Raising PropertyChanged for all properties

When working with WPF (Windows Presentation Foundation) you will often face the need to update the user interface based on some changes that took place in your view model. This is most of the time achieved by implementing the INotifyPropertyChanged interface and raising the PropertyChanged event every time your data-bound properties change their value.

You are most likely to find code that looks something like this:

public class PersonViewModel : INotifyPropertyChanged
{
   public event PropertyChangedEventHandler PropertyChanged;

   private string _firstName;
   public string FirstName
   {
      get { return _firstName; }
      set
          {
            _firstName = value;

            if (PropertyChanged != null)
               PropertyChanged(this, new PropertyChangedEventArgs("FirstName"));
           }
   }
}

Note: there are nicer ways of achieving this, but they fall out of the scope of this post.

Depending on your scenario, the above pattern can become less elegant if most of the properties of your view model change at once. In this case, polluting the view model with code that raises the PropertyChanged event for each property is undesirable, and a better way to notify that all properties have changed their value is needed. This is the case when you can use a documented obscurity of WPF: raising the PropertyChanged event and supplying null or string.Empty for the propertyName constructor parameter of PropertyChangedEventArgs.

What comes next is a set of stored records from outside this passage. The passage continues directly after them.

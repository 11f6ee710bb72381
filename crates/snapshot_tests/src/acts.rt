//! The words of snapshots: saved, sealed, taken away and told.
ghost use Rattle.std.specs.Prelude.{◌≡◌, true, IfOk, IsTrue};
ghost use Rattle.m3_outside.specs.DiskState.{DiskState, Told};
ghost use Rattle.snapshot_files.specs.Snaps.{IsNew};

use crate::tells::{tell_newest, tell_number};
use disk_stories::{Words, cut, files, number, part, small, text};
use fileset_read::read_file;
use m3_model::{Memory, Point, Seq, Text};
use m3_outside::{Disk, DiskErr, FileName};
use mem_disk::MemDisk;
use snapshot_files::{Snap, clear_before, is_snapshot, save};
use std::alloc::Global;

/// The name of a snapshot's data.
pub fn data_name(number: u64) -> FileName
    ensures { result ≡ record { kind = 8; ns = 0; block = 0; number = number } }
{
    FileName {
        kind: 8,
        ns: 0,
        block: 0,
        number,
    }
}

/// The name of its checkpoint.
pub fn checkpoint_name(number: u64) -> FileName
    ensures { result ≡ record { kind = 9; ns = 0; block = 0; number = number } }
{
    FileName {
        kind: 9,
        ns: 0,
        block: 0,
        number,
    }
}

// An identifier; of `*512` it is one of so many letters.
fn identifier(alloc: Global, text: &str) -> Result<Text, Memory> {
    let Some(count) = text.strip_prefix('*') else {
        return Text::from_str(alloc, text);
    };
    let letters = "a".repeat(alloc, number(count) as usize)?;
    Text::from_str(alloc, letters.as_str())
}

// The point `0,hello,100,5`: its namespace, its identifier, its time and its value.
fn point(alloc: Global, text: &str) -> Result<Point, Memory> {
    Ok(Point {
        ns: small(part(text, ',', 0)),
        id: identifier(alloc, part(text, ',', 1))?,
        t: number(part(text, ',', 2)),
        v: part(text, ',', 3).parse::<i64>().unwrap_or(0),
    })
}

// Points, each with `;` behind it.
fn points(alloc: Global, text: &str) -> Result<Vec<Point>, Memory> {
    let mut points = Vec::new(alloc);
    for one in text.split_terminator(';') {
        points.push(point(alloc, one)?)?;
    }
    Ok(points)
}

// The snapshot `5.3.7.2:0,hello,100,5;`: its number, its tenure, its fence, its first segment and its points.
fn snap(alloc: Global, text: &str) -> Result<Snap, Memory> {
    let (head, rest) = cut(text, ':');
    let points = Seq::from_vec(points(alloc, rest)?);
    Ok(Snap {
        number: number(part(head, '.', 0)),
        tenure: number(part(head, '.', 1)),
        fence: number(part(head, '.', 2)),
        first: number(part(head, '.', 3)),
        points,
    })
}

// Whether no file of the snapshot is there.
fn is_new<D: Disk>(disk: &mut D, number: u64) -> Result<bool, DiskErr>
    ensures { IfOk result (λ is. IsTrue is → Told (D.state disk.new) (IsNew number)) }
{
    if disk.size(data_name(number))?.is_some() {
        return Ok(false);
    }
    Ok(disk.size(checkpoint_name(number))?.is_none())
}

// `w5.3.7.2:0,hello,100,5;` saves a snapshot, where it is one and its number is new.
fn save_one<D: Disk>(alloc: Global, disk: &mut D, words: &str) -> Result<bool, DiskErr> {
    let snap = snap(alloc, words)?;
    if !is_snapshot(&snap) || !is_new(disk, snap.number)? {
        return Ok(false);
    }
    save(alloc, disk, &snap)?;
    Ok(true)
}

// `x5` takes away all snapshots below the number.
fn clear<D: Disk>(alloc: Global, disk: &mut D, number: u64) -> Result<bool, DiskErr> {
    clear_before(alloc, disk, number)?;
    Ok(true)
}

// `s5` makes the checkpoint of a snapshot anew, from its data as it is.
fn seal<D: Disk>(alloc: Global, disk: &mut D, number: u64) -> Result<bool, DiskErr> {
    let mut gate = [1; 33];
    gate[1..].copy_from_slice(&files::digest_of(alloc, disk, data_name(number))?);
    files::drop_file(disk, checkpoint_name(number))?;
    files::make(disk, checkpoint_name(number), 33, &gate)
}

// The digests that are kept and found of the data of the snapshot 5.
fn tell_digests<D: Disk>(alloc: Global, disk: &mut D, out: &mut String) -> Result<(), DiskErr> {
    out.push_str("digest of 8.0.0.5")?;
    if let Some(gate) = read_file(alloc, disk, checkpoint_name(5))? {
        let kept = gate.as_slice().get(1..).unwrap_or(&[]);
        files::tell_bytes(alloc, " kept ", kept, out)?;
    }
    let found = files::digest_of(alloc, disk, data_name(5))?;
    files::tell_bytes(alloc, " found ", &found, out)
}

/// The words of snapshots.
pub struct Snapshots;

impl Words for Snapshots {
    fn say(
        alloc: Global,
        disk: &mut MemDisk,
        word: &str,
        out: &mut String,
    ) -> Result<bool, DiskErr> {
        match word.as_bytes() {
            [b'w', rest @ ..] => save_one(alloc, disk, text(rest)),
            [b'x', rest @ ..] => clear(alloc, disk, number(text(rest))),
            [b's', rest @ ..] => seal(alloc, disk, number(text(rest))),
            [b'e'] => tell_newest(alloc, disk, out),
            [b'n'] => tell_number(alloc, disk, out),
            _ => files::say(alloc, disk, word, out),
        }
    }

    // `5` are the files of the snapshot of this number, and `<5` those of all that are below.
    fn may_change(files: &str, name: FileName) -> bool {
        let is_named = match files.as_bytes() {
            [b'<', rest @ ..] => name.number < number(text(rest)),
            _ => name.number == number(files),
        };
        is_named && name.ns == 0 && name.block == 0 && 8 <= name.kind && name.kind <= 9
    }

    // The newest is the snapshot 5: its data has another digest than its checkpoint keeps, but where the gate was turned it is 4.
    fn tell_turned(
        alloc: Global,
        disk: &mut MemDisk,
        name: FileName,
        at: usize,
        out: &mut String,
    ) -> Result<(), DiskErr> {
        if name == checkpoint_name(5) && at == 0 {
            out.push_str("4.1.2.3:1,old,5,6;")?;
            return Ok(());
        }
        tell_digests(alloc, disk, out)
    }
}
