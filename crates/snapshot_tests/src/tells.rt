//! What is told of the newest snapshot.
use disk_stories::{tell_bytes, tell_name};
use fileset_check::CheckErr;
use m3_model::Memory;
use m3_outside::{Disk, DiskErr};
use snapshot_files::{Snap, newest};
use std::alloc::Global;

// A snapshot, as `5.3.7.2:0,hello,100,5;`.
fn tell_snap(snap: &Snap, out: &mut String) -> Result<(), Memory> {
    write!(out, "{}.{}.", snap.number, snap.tenure)?;
    write!(out, "{}.{}:", snap.fence, snap.first)?;
    for point in snap.points.as_slice() {
        write!(out, "{},{},", point.ns, point.id.as_str())?;
        write!(out, "{},{};", point.t, point.v)?;
    }
    Ok(())
}

// What is told in place of a snapshot.
fn tell_damage(alloc: Global, e: CheckErr, out: &mut String) -> Result<bool, DiskErr> {
    match e {
        CheckErr::Disk => return Err(DiskErr::Failed),
        CheckErr::Memory => return Err(DiskErr::Memory),
        CheckErr::Form { file, at } => {
            out.push_str("form of")?;
            tell_name(file, out)?;
            write!(out, " at {at}")?;
        }
        CheckErr::Digest { file, kept, found } => {
            out.push_str("digest of")?;
            tell_name(file, out)?;
            tell_bytes(alloc, " kept ", &kept, out)?;
            tell_bytes(alloc, " found ", &found, out)?;
        }
    }
    Ok(true)
}

/// `e` tells the newest snapshot, `none` where there is none, or its damage with the digests.
pub fn tell_newest<D: Disk>(
    alloc: Global,
    disk: &mut D,
    out: &mut String,
) -> Result<bool, DiskErr> {
    match newest(alloc, disk) {
        Ok(Some(snap)) => tell_snap(&snap, out)?,
        Ok(None) => out.push_str("none")?,
        Err(e) => return tell_damage(alloc, e, out),
    }
    Ok(true)
}

/// `n` tells its number, once it is found whole.
pub fn tell_number<D: Disk>(
    alloc: Global,
    disk: &mut D,
    out: &mut String,
) -> Result<bool, DiskErr> {
    match newest(alloc, disk) {
        Ok(Some(snap)) => write!(out, "{}", snap.number)?,
        Ok(None) => out.push_str("none")?,
        Err(e) => return tell_damage(alloc, e, out),
    }
    Ok(true)
}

private void NotifyAllPropertiesHaveChanged()
{
   if (PropertyChanged != null)
      PropertyChanged(this, new PropertyChangedEventArgs(null));
}

The readability of the above code sample is astonishing, what on earth new PropertyChangedEventArgs(null) is supposed to mean? When code reviewing such code, my “bug-detecting” sensors would go wild (ArgumentNullException, NullReferenceException, etc), however, luckily the whole thing is wrapped around a NotifyAllPropertiesHaveChanged method, which would help calm things down a bit, but it would still fall short in convincing a non-believer that the above implementation is finished, or it is just a stub.

A nicer implementation would be to create a new class AllPropertiesChangedEventArgs  that inherits the PropertyChangedEventArgs class.

public class AllPropertiesChangedEventArgs : PropertyChangedEventArgs
{
   public AllPropertiesChangedEventArgs()
      : base(null)
   { }
}

The new class will isolate the obscure way of raising the PropertyChanged event, and will also make the code more readable and explicit.

public void NotifyAllPropertiesHaveChanged()
{
   if (PropertyChanged != null)
         PropertyChanged(this, new AllPropertiesChangedEventArgs());
}

One comment on “Raising PropertyChanged for all properties

  1. Tom September 14, 2017 00:12

    IMHO, this “nicer implementation” is just “putting lipstick on a pig”. ;) I think the more likely and more costly costs of having all Subscribers of all Properties Calling the latters’ Getters when in the future, a Property is added that’s *undesired* to be included in the Calls outweighs the less likely costs of forgetting to add a PropertyChanged Call to a shared Method that calls it for each *desired* Property by looping through a list that *explicitly* itemizes the list of names of *desired* Properties and does so via (and with the added benefits of) Compiler-check-able / “Find All References”-able NameOf calls esp. if a DEBUG-mode only Instantiation-time-only Method compares that list to the current Reflection-generated list of Properties with known exceptions *explicitly* ignored. The reasons to avoid a PropertyChanged Call with a Null Parameter are similar to the reasons to avoid the “Select *” Statement which is a SQL Anti-Pattern.